▸ **HOW TO COMPLETE THIS TASK**:
Please transcribe every entry below exactly as written.
*** INFORMATION PROVIDED ***
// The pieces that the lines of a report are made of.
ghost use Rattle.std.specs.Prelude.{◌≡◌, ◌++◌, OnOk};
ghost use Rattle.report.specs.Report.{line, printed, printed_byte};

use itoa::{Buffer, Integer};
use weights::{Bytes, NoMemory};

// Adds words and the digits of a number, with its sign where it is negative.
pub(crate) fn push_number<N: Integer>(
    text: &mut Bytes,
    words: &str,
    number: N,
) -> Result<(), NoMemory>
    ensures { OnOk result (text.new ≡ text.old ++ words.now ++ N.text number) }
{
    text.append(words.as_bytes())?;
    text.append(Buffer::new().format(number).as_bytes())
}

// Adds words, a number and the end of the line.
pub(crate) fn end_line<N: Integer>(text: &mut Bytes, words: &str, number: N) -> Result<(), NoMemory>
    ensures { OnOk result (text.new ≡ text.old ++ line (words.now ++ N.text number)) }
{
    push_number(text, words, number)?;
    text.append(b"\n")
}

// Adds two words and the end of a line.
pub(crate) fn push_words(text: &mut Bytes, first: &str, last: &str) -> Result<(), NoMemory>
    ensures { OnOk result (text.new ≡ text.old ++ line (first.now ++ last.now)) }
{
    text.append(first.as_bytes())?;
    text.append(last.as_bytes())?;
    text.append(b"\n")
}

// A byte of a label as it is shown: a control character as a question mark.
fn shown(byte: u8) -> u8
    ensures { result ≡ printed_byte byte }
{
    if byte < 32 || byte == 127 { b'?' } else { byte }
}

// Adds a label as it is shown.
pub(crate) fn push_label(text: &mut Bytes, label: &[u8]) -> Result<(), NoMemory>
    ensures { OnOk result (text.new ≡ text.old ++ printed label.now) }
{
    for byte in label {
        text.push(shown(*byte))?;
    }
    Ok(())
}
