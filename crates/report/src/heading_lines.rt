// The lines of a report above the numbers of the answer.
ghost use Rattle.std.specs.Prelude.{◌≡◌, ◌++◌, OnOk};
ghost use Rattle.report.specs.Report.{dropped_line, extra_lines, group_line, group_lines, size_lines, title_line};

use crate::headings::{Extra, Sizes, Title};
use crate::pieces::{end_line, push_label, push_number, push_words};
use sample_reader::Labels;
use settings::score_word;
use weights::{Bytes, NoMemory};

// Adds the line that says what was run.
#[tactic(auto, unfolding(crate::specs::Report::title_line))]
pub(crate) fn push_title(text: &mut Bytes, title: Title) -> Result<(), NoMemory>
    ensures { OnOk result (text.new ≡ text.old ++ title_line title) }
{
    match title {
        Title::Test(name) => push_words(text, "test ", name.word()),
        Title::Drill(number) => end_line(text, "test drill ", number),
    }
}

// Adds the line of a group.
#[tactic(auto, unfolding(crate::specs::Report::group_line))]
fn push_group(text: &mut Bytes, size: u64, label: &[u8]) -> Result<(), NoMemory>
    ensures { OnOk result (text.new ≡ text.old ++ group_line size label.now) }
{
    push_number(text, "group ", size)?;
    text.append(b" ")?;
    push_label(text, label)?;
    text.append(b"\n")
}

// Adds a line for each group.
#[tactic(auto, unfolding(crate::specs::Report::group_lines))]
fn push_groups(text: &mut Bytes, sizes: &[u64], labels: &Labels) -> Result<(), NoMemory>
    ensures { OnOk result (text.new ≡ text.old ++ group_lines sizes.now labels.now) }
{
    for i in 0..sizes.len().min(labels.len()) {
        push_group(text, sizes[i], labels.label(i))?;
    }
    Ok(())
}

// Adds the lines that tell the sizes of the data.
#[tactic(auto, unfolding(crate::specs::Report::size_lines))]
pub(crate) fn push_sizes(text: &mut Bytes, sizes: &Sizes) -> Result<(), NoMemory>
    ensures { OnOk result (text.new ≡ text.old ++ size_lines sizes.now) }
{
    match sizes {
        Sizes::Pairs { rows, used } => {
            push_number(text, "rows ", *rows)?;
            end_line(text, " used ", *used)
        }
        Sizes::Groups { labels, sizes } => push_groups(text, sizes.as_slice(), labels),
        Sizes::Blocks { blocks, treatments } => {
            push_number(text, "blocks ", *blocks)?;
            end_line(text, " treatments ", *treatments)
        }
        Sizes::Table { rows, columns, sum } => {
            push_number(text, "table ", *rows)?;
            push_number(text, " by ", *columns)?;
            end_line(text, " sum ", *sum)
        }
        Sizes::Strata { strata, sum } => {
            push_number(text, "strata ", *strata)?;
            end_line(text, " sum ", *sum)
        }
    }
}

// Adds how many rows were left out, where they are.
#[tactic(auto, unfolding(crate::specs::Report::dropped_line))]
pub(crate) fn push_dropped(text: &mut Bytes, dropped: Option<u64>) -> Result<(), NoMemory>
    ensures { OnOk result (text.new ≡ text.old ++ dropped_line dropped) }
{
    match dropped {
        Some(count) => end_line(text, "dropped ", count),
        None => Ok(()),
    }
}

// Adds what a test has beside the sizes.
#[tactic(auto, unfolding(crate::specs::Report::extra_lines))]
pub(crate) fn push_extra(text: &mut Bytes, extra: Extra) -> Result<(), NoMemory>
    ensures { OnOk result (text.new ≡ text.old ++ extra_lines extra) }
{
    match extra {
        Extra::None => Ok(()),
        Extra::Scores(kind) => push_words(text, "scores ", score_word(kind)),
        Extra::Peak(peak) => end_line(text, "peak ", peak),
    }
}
*** End of INFORMATION PROVIDED ***
▸ **RESPONSE TO THIS EXERCISE**:
// The pieces that the lines of a report are made of.
ghost use Rattle.std.specs.Prelude.{◌≡◌, ◌++◌, OnOk};
ghost use Rattle.report.specs.Report.{line, printed, printed_byte};

use itoa::{Buffer, Integer};
use weights::{Bytes, NoMemory};

// Adds words and the digits of a number, with its sign where it is negative.
pub(crate) fn push_number<N: Integer>(
    text: &mut Bytes,
    words: &str,
    number: N,
) -> Result<(), NoMemory>
    ensures { OnOk result (text.new ≡ text.old ++ words.now ++ N.text number) }
{
    text.append(words.as_bytes())?;
    text.append(Buffer::new().format(number).as_bytes())
}

// Adds words, a number and the end of the line.
pub(crate) fn end_line<N: Integer>(text: &mut Bytes, words: &str, number: N) -> Result<(), NoMemory>
    ensures { OnOk result (text.new ≡ text.old ++ line (words.now ++ N.text number)) }
{
    push_number(text, words, number)?;
    text.append(b"\n")
}

// Adds two words and the end of a line.
pub(crate) fn push_words(text: &mut Bytes, first: &str, last: &str) -> Result<(), NoMemory>
    ensures { OnOk result (text.new ≡ text.old ++ line (first.now ++ last.now)) }
{
    text.append(first.as_bytes())?;
    text.append(last.as_bytes())?;
    text.append(b"\n")
}

// A byte of a label as it is shown: a control character as a question mark.
fn shown(byte: u8) -> u8
    ensures { result ≡ printed_byte byte }
{
    if byte < 32 || byte == 127 { b'?' } else { byte }
}

// Adds a label as it is shown.
pub(crate) fn push_label(text: &mut Bytes, label: &[u8]) -> Result<(), NoMemory>
    ensures { OnOk result (text.new ≡ text.old ++ printed label.now) }
{
    for byte in label {
        text.push(shown(*byte))?;
    }
    Ok(())
}
filename crates/report/src/heading_lines.rt
// The lines of a report above the numbers of the answer.
ghost use Rattle.std.specs.Prelude.{◌≡◌, ◌++◌, OnOk};
ghost use Rattle.report.specs.Report.{dropped_line, extra_lines, group_line, group_lines, size_lines, title_line};

use crate::headings::{Extra, Sizes, Title};
use crate::pieces::{end_line, push_label, push_number, push_words};
use sample_reader::Labels;
use settings::score_word;
use weights::{Bytes, NoMemory};

// Adds the line that says what was run.
#[tactic(auto, unfolding(crate::specs::Report::title_line))]
pub(crate) fn push_title(text: &mut Bytes, title: Title) -> Result<(), NoMemory>
    ensures { OnOk result (text.new ≡ text.old ++ title_line title) }
{
    match title {
        Title::Test(name) => push_words(text, "test ", name.word()),
        Title::Drill(number) => end_line(text, "test drill ", number),
    }
}

// Adds the line of a group.
#[tactic(auto, unfolding(crate::specs::Report::group_line))]
fn push_group(text: &mut Bytes, size: u64, label: &[u8]) -> Result<(), NoMemory>
    ensures { OnOk result (text.new ≡ text.old ++ group_line size label.now) }
{
    push_number(text, "group ", size)?;
    text.append(b" ")?;
    push_label(text, label)?;
    text.append(b"\n")
}

// Adds a line for each group.
#[tactic(auto, unfolding(crate::specs::Report::group_lines))]
fn push_groups(text: &mut Bytes, sizes: &[u64], labels: &Labels) -> Result<(), NoMemory>
    ensures { OnOk result (text.new ≡ text.old ++ group_lines sizes.now labels.now) }
{
    for i in 0..sizes.len().min(labels.len()) {
        push_group(text, sizes[i], labels.label(i))?;
    }
    Ok(())
}

// Adds the lines that tell the sizes of the data.
#[tactic(auto, unfolding(crate::specs::Report::size_lines))]
pub(crate) fn push_sizes(text: &mut Bytes, sizes: &Sizes) -> Result<(), NoMemory>
    ensures { OnOk result (text.new ≡ text.old ++ size_lines sizes.now) }
{
    match sizes {
        Sizes::Pairs { rows, used } => {
            push_number(text, "rows ", *rows)?;
            end_line(text, " used ", *used)
        }
        Sizes::Groups { labels, sizes } => push_groups(text, sizes.as_slice(), labels),
        Sizes::Blocks { blocks, treatments } => {
            push_number(text, "blocks ", *blocks)?;
            end_line(text, " treatments ", *treatments)
        }
        Sizes::Table { rows, columns, sum } => {
            push_number(text, "table ", *rows)?;
            push_number(text, " by ", *columns)?;
            end_line(text, " sum ", *sum)
        }
        Sizes::Strata { strata, sum } => {
            push_number(text, "strata ", *strata)?;
            end_line(text, " sum ", *sum)
        }
    }
}

// Adds how many rows were left out, where they are.
#[tactic(auto, unfolding(crate::specs::Report::dropped_line))]
pub(crate) fn push_dropped(text: &mut Bytes, dropped: Option<u64>) -> Result<(), NoMemory>
    ensures { OnOk result (text.new ≡ text.old ++ dropped_line dropped) }
{
    match dropped {
        Some(count) => end_line(text, "dropped ", count),
        None => Ok(()),
    }
}

// Adds what a test has beside the sizes.
#[tactic(auto, unfolding(crate::specs::Report::extra_lines))]
pub(crate) fn push_extra(text: &mut Bytes, extra: Extra) -> Result<(), NoMemory>
    ensures { OnOk result (text.new ≡ text.old ++ extra_lines extra) }
{
    match extra {
        Extra::None => Ok(()),
        Extra::Scores(kind) => push_words(text, "scores ", score_word(kind)),
        Extra::Peak(peak) => end_line(text, "peak ", peak),
    }
}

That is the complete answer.